The 54-centimeter wide, 5-kilogram micro-rover made of carbon fiber-reinforced plastics will explore the Moon’s surface with an HD camera on its front and back. The rover will also have a back-mounted shovel from Epiroc AB using which it will collect lunar soil and transfer its ownership to NASA as part of the latter’s move to set precedence for future resource use under the US-led Artemis Accords. ispace Europe developed the micro rover with funding aid from the Luxembourg Space Agency under an ESA contract.
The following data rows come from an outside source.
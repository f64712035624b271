//! What a name has to be where it stands.

ghost use Rattle.std.specs.Prelude.{◌≡◌, ◌==◌, ◌&&◌, ◌||◌, nat_lt, not};
ghost use Rattle.b67_limits.specs.declared.TheConstants.{MOST_EVENTS};
ghost use Rattle.algol_tree.specs.declared.refusal.Code.TheVariants as codes;
ghost use Rattle.algol_tree.specs.Accepted.{noted_all};
ghost use Rattle.algol_tree.specs.Classes.{is_unspecified};
ghost use Rattle.algol_tree.specs.Surroundings.{Surroundings};
ghost use Rattle.algol_told.specs.Telling.{ScopesTell};
ghost use Rattle.algol_sites.specs.Noting.{broken_if};
ghost use Rattle.algol_sites.specs.Seen.{class_seen};
ghost use Rattle.algol_sites.specs.Wanting as rules;
ghost use Rattle.algol_sites.specs.Seeing.{TellsEvents};
ghost use Rattle.algol_sites.specs.Wanting.{are_miscounted, is_met, unfit, unfit_event, unfit_events};
ghost use Rattle.algol_sites.specs.declared.wanted.Wanted.TheVariants as wants;

use crate::told::sort_at;
use crate::types::read_type;
use algol_frames::Scopes;
use algol_rules::Faults;
use algol_sorts::Sort;
use algol_tree::{Code, EventName, Kind, Named, Spot};
use b67_limits::MOST_EVENTS;

/// What a name has to be where it stands.
#[derive(Clone, Copy)]
pub enum Wanted {
    /// A name that is read: a simple variable or parameter, or a typed procedure.
    Read,
    Simple,
    Array,
    /// An array with elements of this kind and so many subscripts.
    SuchArray(Kind, usize),
    Event,
    Task,
    Label,
    File,
    Procedure,
    /// A typed procedure.
    Function,
    /// A procedure without a type.
    Untyped,
}

/// Whether it is such an array.
fn is_such_array(sort: Sort, kind: Kind, subscripts: usize) -> bool
    ensures { result ≡ is_met (wants.SuchArray kind subscripts) (class_seen sort) }
{
    match sort {
        Sort::Array(other, count) => kind == other && count == subscripts,
        Sort::FormalArray(other, count) => kind == other && count == subscripts,
        _ => false,
    }
}

impl Wanted {
    /// Whether what is declared so is what is wanted. Nothing is known of [`Sort::Unspecified`], and the answer is no.
    pub fn is_met_by(self, sort: Sort) -> bool
        ensures { result ≡ is_met self (class_seen sort) }
    {
        match self {
            Wanted::Read => read_type(sort).is_some(),
            Wanted::Simple => matches!(sort, Sort::Variable(_) | Sort::ByName(_)),
            Wanted::Array => matches!(sort, Sort::Array(_, _) | Sort::FormalArray(_, _)),
            Wanted::SuchArray(kind, subscripts) => is_such_array(sort, kind, subscripts),
            Wanted::Event => matches!(sort, Sort::Event | Sort::FormalEvent),
            Wanted::Task => matches!(sort, Sort::Task),
            Wanted::Label => matches!(sort, Sort::Label),
            Wanted::File => matches!(sort, Sort::File),
            Wanted::Procedure => matches!(sort, Sort::Procedure(_)),
            Wanted::Function => matches!(sort, Sort::Procedure(Some(_))),
            Wanted::Untyped => matches!(sort, Sort::Procedure(None)),
        }
    }
}

/// Notes the rule where it is broken.
pub fn note_if(is_broken: bool, spot: Spot, code: Code, faults: &mut Faults)
    ensures { faults.new.first ≡ noted_all faults.old.first (broken_if code is_broken spot) }
{
    if is_broken {
        faults.note(spot, code);
    }
}

/// Whether something is declared, and not what is wanted.
pub fn is_unfit(wanted: Wanted, sort: Sort) -> bool
    ensures { result ≡ (not (is_met wanted (class_seen sort)) && not (is_unspecified (class_seen sort))) }
{
    !wanted.is_met_by(sort) && !matches!(sort, Sort::Unspecified)
}

/// Notes the rule where the name is known and is not what is wanted.
pub fn want_name(scopes: &Scopes, name: &Named, wanted: Wanted, code: Code, faults: &mut Faults)
    ensures { (a : Surroundings) → ScopesTell scopes.now a name.now → faults.new.first ≡ noted_all faults.old.first (unfit wanted code name.now a) }
{
    note_if(
        is_unfit(wanted, sort_at(scopes, name)),
        name.spot,
        code,
        faults,
    );
}

/// What an event's name or a task's name has to be.
fn event_wanted(is_task: bool) -> Wanted
    ensures { result ≡ rules.event_wanted is_task }
{
    if is_task { Wanted::Task } else { Wanted::Event }
}

/// Notes where an event's name is none, or a task's name is no task.
pub fn want_event(scopes: &Scopes, event: &EventName, faults: &mut Faults)
    ensures { (a : Surroundings) → ScopesTell scopes.now a event.now.name → faults.new.first ≡ noted_all faults.old.first (unfit_event event.now a) }
{
    want_name(
        scopes,
        &event.name,
        event_wanted(event.task),
        Code::WrongType,
        faults,
    );
}

/// Whether so many events are none, or more than something can be done with at once.
fn is_miscount(count: usize) -> bool
    ensures { result ≡ ((count == 0) || nat_lt MOST_EVENTS count) }
{
    count == 0 || count > MOST_EVENTS as usize
}

/// Notes which of these names are no events, and, at the place of the wait, where they are too many or there is none.
pub fn want_events(scopes: &Scopes, events: &[EventName], spot: Spot, faults: &mut Faults)
    ensures { (a : Surroundings) → TellsEvents scopes.now a events.now → faults.new.first ≡ noted_all (noted_all faults.old.first (unfit_events events.now a)) (broken_if codes.WrongCount (are_miscounted events.now) spot) }
{
    'events: for event in events {
        want_event(scopes, event, faults);
    }
    note_if(is_miscount(events.len()), spot, Code::WrongCount, faults);
}
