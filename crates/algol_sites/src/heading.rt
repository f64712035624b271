//! The headings of procedures.

ghost use Rattle.std.specs.Prelude.{◌≡◌, List, OnOk, option_copied};
ghost use Rattle.algol_tree.specs.Accepted.{noted_all};
ghost use Rattle.algol_tree.specs.Blocks.{Block};
ghost use Rattle.algol_tree.specs.Classes as classes;
ghost use Rattle.algol_tree.specs.Plain.{PDecls};
ghost use Rattle.algol_tree.specs.Surroundings.{Surroundings, body_of};
ghost use Rattle.algol_sites.specs.Seen.{class_seen};
ghost use Rattle.algol_sites.specs.Headings as rules;
ghost use Rattle.algol_sites.specs.Headings.{forward_site, missing, referring, unlike};
ghost use Rattle.algol_sites.specs.Noting.{noted_at};

use crate::same::same_heading;
use crate::wanted::note_if;
use algol_rules::Faults;
use algol_sorts::{Sort, Specified};
use algol_tree::{Code, Heading};
use std::alloc::{AllocError, Global};

/// Whether nothing is specified.
fn is_unspecified(sort: Sort) -> bool
    ensures { result ≡ classes.is_unspecified (class_seen sort) }
{
    matches!(sort, Sort::Unspecified)
}

/// Whether an array or an event is specified.
fn is_reference(sort: Sort) -> bool
    ensures { result ≡ rules.is_reference (class_seen sort) }
{
    match sort {
        Sort::Array(_, _) | Sort::FormalArray(_, _) => true,
        Sort::Event | Sort::FormalEvent => true,
        _ => false,
    }
}

/// The rules of a heading: each parameter has a specification, and no array or event is in VALUE.
pub fn check_heading(
    alloc: Global,
    heading: &Heading,
    faults: &mut Faults,
) -> Result<(), AllocError>
    ensures { OnOk result (faults.new.first ≡ noted_all (noted_all faults.old.first (missing heading.now.specs heading.now.params)) (referring heading.now.specs heading.now.values)) }
{
    let specified = Specified::of(alloc, heading)?;
    'parameters: for named in heading.params.items() {
        let is_missing = is_unspecified(specified.sort(named.name.bytes()));
        note_if(is_missing, named.spot, Code::WrongType, faults);
    }
    'values: for named in heading.values.items() {
        let refers = is_reference(specified.sort(named.name.bytes()));
        note_if(refers, named.spot, Code::WrongType, faults);
    }
    Ok(())
}

/// Notes the heading with the body where it is another.
fn check_body(heading: &Heading, body: Option<&Heading>, faults: &mut Faults)
    ensures { faults.new.first ≡ noted_all faults.old.first (unlike heading.now (option_copied body.entry)) }
{
    if let Some(body) = body {
        note_if(
            !same_heading(heading, body),
            body.name.spot,
            Code::WrongType,
            faults,
        );
    }
}

/// The rules of a FORWARD, whose procedure has its body after that heading.
pub fn check_forward(
    alloc: Global,
    heading: &Heading,
    body: Option<&Heading>,
    faults: &mut Faults,
) -> Result<(), AllocError>
    ensures { OnOk result ((blocks : List Block) (a : Surroundings) (later : PDecls) → body_of heading.now.name.name later ≡ option_copied body.entry → faults.new.first ≡ noted_at blocks faults.old.first (forward_site heading.now later a)) }
{
    check_heading(alloc, heading, faults)?;
    check_body(heading, body, faults);
    Ok(())
}
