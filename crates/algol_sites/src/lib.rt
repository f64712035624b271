//! What is checked at one place of a tree: an expression, a heading, a label, or a statement without the statements in it.
//!
//! What a name is declared as is found by its place: the scopes of the tree tell it.
#![tactic(auto)]

mod expression;
mod heading;
mod label;
mod line;
mod place;
mod same;
mod statement;
mod told;
mod types;
mod wanted;

pub use heading::{check_forward, check_heading};
pub use label::{Standing, check_labels, standing_at};
pub use place::Place;
pub use statement::{assign, bounds, call, counting, event, go_to, process, typed, write};
pub use wanted::{Wanted, want_name};
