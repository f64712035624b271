//! What the scopes tell of a name where it stands.

ghost use Rattle.std.specs.Prelude.{◌≡◌, option_copied};
ghost use Rattle.algol_frames.specs.Answers.{parameters_of};
ghost use Rattle.algol_sites.specs.Seen.{of_procedure, parameters_there, sort_there, sorts_or, spot_there};

use algol_frames::Scopes;
use algol_sorts::Sort;
use algol_tree::{List, Named, Spot};

/// What the name is declared as.
pub fn sort_at(scopes: &Scopes, name: &Named) -> Sort
    ensures { result ≡ sort_there scopes.now name.now.spot }
{
    match scopes.declaration(name.spot) {
        None => Sort::Unspecified,
        Some(declared) => declared.sort,
    }
}

/// Where it is declared, a procedure by its heading with the body.
fn spot_at(scopes: &Scopes, name: &Named) -> Spot
    ensures { result ≡ spot_there scopes.now name.now.spot }
{
    match scopes.declaration(name.spot) {
        None => name.spot,
        Some(declared) => declared.spot,
    }
}

/// What the name is declared as, and where.
pub fn told_at(scopes: &Scopes, name: &Named) -> (Sort, Spot)
    ensures { result ≡ (sort_there scopes.now name.now.spot, spot_there scopes.now name.now.spot) }
{
    match scopes.declaration(name.spot) {
        None => (Sort::Unspecified, name.spot),
        Some(declared) => (declared.sort, declared.spot),
    }
}

/// The items of a list that may be missing.
fn sorts_of(sorts: Option<&List<Sort>>) -> &[Sort]
    ensures { result.now ≡ sorts_or (option_copied sorts.entry) }
{
    match sorts {
        None => &[],
        Some(sorts) => sorts.items().as_slice(),
    }
}

/// What the parameters of the procedure of that name are declared as, in their order.
pub fn parameters_at<'s>(scopes: &'s Scopes, name: &Named) -> &'s [Sort]
    ensures { result.now ≡ parameters_there scopes.now name.now.spot }
{
    parameters_as(scopes, sort_at(scopes, name), name)
}

/// The same of the name that is declared as this.
pub fn parameters_as<'s>(scopes: &'s Scopes, sort: Sort, name: &Named) -> &'s [Sort]
    ensures { result.now ≡ of_procedure sort (sorts_or (parameters_of scopes.now (spot_there scopes.now name.now.spot))) }
{
    match sort {
        Sort::Procedure(_) => sorts_of(scopes.parameters(spot_at(scopes, name))),
        _ => &[],
    }
}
Next up, the rover will be integrated with the ispace lander in Japan. While the overall mission is named M2/RESILIENCE, reflecting the spirited reattempt following ispace Japan’s failed lunar touchdown attempt with the M1 mission in April 2023, the rover carries the theme with the name TENACIOUS. Relatedly, ispace Japan announced on June 27 that the mission’s lander passed thermal vacuum testing. ispace engineers have also verified commanding the lander and receiving data from it. The ongoing tests are part of a slew of launch and space environmental tests ispace is conducting at JAXA’s Tsukuba Space Center.

More mission updates

  • On July 23, the second core stage of the SLS rocket arrived from Michoud to NASA’s Kennedy Space Center for final rocket assembly in the coming months, to be followed by its integration with the Orion spacecraft. If all goes well, this SLS rocket will launch the Artemis II mission by end of mid-decade, pushing four astronauts in the Orion capsule around the Moon and back.
  • Ling Xin reports that China recently successfully test fired the high-energy hydrolox YF-75E engine. Three of these engines will power the third stage of China’s Long March 10 rocket, which will be the launch vehicle used to send astronauts to the Moon starting end of decade.

More Moon

Image: ESA
  • Following a £2.9 million award, the UK Space Agency is funding £4.8 million to a team led by Rolls-Royce to further develop a lightweight and modular autonomous nuclear micro-reactor with the hope of an initial demonstration on the Moon by 2030. This will help future missions survive frigid lunar nights at lower costs.
  • The Luxembourg-based European Space Resources Innovation Center (ESRIC), in partnership with ESA’s Business in Space Growth Network, has launched an accelerator program to help co-fund European organizations focused on developing technologies related to prospecting, extracting, and utilizing lunar resources. To start off, the accelerator aims to provide a total of €1 million for the first batch of ideas.
  • Ling Xin reports that on July 12, the non-profit Hungarian Solar Physics Foundation became the 14th non-country to join the China-led long-term scientific base on the Moon’s south pole called the International Lunar Research Station (ILRS).
  • In honor of the women “human computers” and “Hidden Figures” contributing to early US spaceflight research as well as to the Apollo program, NASA has named one of the buildings in the Johnson Space Center as the “Dorothy Vaughan Center”.